Ротшильды. История династии могущественных финансистов (Мортон) - страница 64

Амшель жил, как ему и следовало, то есть по-княжески. Он был удостоен несчетным количеством самых разнообразных почетных титулов и званий, он был кавалером множества орденов, но носил только один – ленточку ордена Гессенского двора – и предпочитал, чтобы к нему обращались просто «господин барон». Все почетные иностранные гости Франкфурта, включая аккредитованных там дипломатов, относились к Амшелю с огромным почтением, они посещали его званые обеды. В свою очередь, все знатные и влиятельные особы считали за честь, если он принимал их приглашения на приемы и банкеты. Но Амшель не притрагивался к некошерной еде и не любил светской суеты.

«Странный человек этот Ротшильд, – писал о нем один из его знакомых, – типично восточные черты лица, манеры и привычки, соответствующие староеврейской традиции, шляпа всегда сдвинута на затылок, сюртук небрежно накинут на плечи… Он сидит на возвышении, как дервиш, среди снующих у его ног клерков и секретарей… его агенты низко склоняются перед ним… Но никому из них не позволено беседовать с хозяином о делах приватно. Все обсуждается гласно и открыто, как в старину при рейнских дворах».

Рабочий день Амшеля длился намного дольше, чем у его служащих, а отдыхал он гораздо меньше. Если он выбирался в театр, его почти всегда находил там курьер, прибывший во Франкфурт со срочным сообщением. Его могли разбудить среди ночи, потому что требовалось срочно ответить на депешу из Парижа, Лондона, Вены или Неаполя. Около его кровати стоял специальный столик, на котором он писал письма.
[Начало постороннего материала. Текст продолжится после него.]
//! Laws of one processor, each as the contract of a function that does nothing.

ghost use Rattle.tproc.specs.Hidden.{FinishOutputIsBlind, NoticeIsBlind, StepIsBlind};
ghost use Rattle.tproc.specs.Resting.{HaltingHalts, RestChangesNothing, StepIsThere};
ghost use Rattle.tproc.specs.Kinds.{KindsStay};
ghost use Rattle.tproc.specs.Keeping.{ClaimedBytesStand, ClaimsStayApart, StepsKeepPlaced};
ghost use Rattle.tproc.specs.SavedWords.{EmptyIsThreaded, QueuesStayThreaded, SavedWordsStand};
ghost use Rattle.tproc.specs.Selection.{FirstReadyIsSelected, SelectedIsTold};

/// A step, a notice and the end of an output cannot see what the buffers of pending inputs hold.
pub fn pending_inputs_are_unseen()
    ensures steps { StepIsBlind }
    ensures notices { NoticeIsBlind }
    ensures ends { FinishOutputIsBlind }
{}

/// There is a step exactly where the processor has not halted and is not idle, where there is none nothing changes,
/// and after an instruction that halts it has halted.
pub fn rest_is_told()
    ensures there { StepIsThere }
    ensures rests { RestChangesNothing }
    ensures halts { HaltingHalts }
{}

/// A step keeps each live process at one place, and so its claims apart.
pub fn steps_keep_processes_placed()
    ensures placed { StepsKeepPlaced }
    ensures apart { ClaimsStayApart }
{}

/// A step, a notice and the end of any message leave the bytes of each pending message as they are.
pub fn claimed_bytes_stand()
    ensures { ClaimedBytesStand }
{}

/// An alternative selects the first of its guards, in the order in which they are disabled, that is true and ready
/// when it is disabled, and `disc` and `diss` tell which one that is.
pub fn first_ready_guard_is_selected()
    ensures selected { FirstReadyIsSelected }
    ensures told { SelectedIsTold }
{}

/// The saved Iptr of each process that is queued or waits is unchanged by each move, and so is its queue link, except
/// for that of the last of a queue that another process joins.
pub fn saved_words_stand()
    ensures { SavedWordsStand }
{}

/// Whoever follows the queue links from the front of a queue finds the queue: this holds before there is a process,
/// and after each move.
pub fn queues_stay_threaded()
    ensures first { EmptyIsThreaded }
    ensures moves { QueuesStayThreaded }
{}

/// Each move leaves the kind of the node, and how many bytes its memory has.
pub fn kinds_stay()
    ensures { KindsStay }
{}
Он был гением бизнеса, и поэтому ему не стоило труда мгновенно оценить любое деловое предложение, устное или письменное. В нескольких сжатых фразах он выражал свое мнение, которое потом уже никогда не менял. И ничто не могло заставить его изменить уже принятое решение.

В отличие от братьев он воспринимал свое богатство и могущество как бремя, которое нес с причудливым печальным аскетизмом. Вот что писал один из его современников: «Никогда не видел человека, настолько погруженного в печаль, как барон Ротшильд во время молитвы в синагоге в День искупления. Он бил себя в грудь и молил милости Господа. Часто во время страстной молитвы силы покидали его, и тогда на помощь приходили благоухающие растения из его садов, которые подносили ему к лицу. Он вдыхал целительный запах и снова погружался в нескончаемый молитвенный транс. В прежние годы он причинял себе боль и молил Господа нашего даровать ему ребенка, но мольбы его не были услышаны».

Бездетность. Вот камень преткновения, вот болевая точка, вот незаживающая рана. Амшеля тяготил его бездетный, лишенный любви брак. Главная из пяти ветвей могучего древа Ротшильдов, франкфуртская ветвь, не имела прямого продолжения.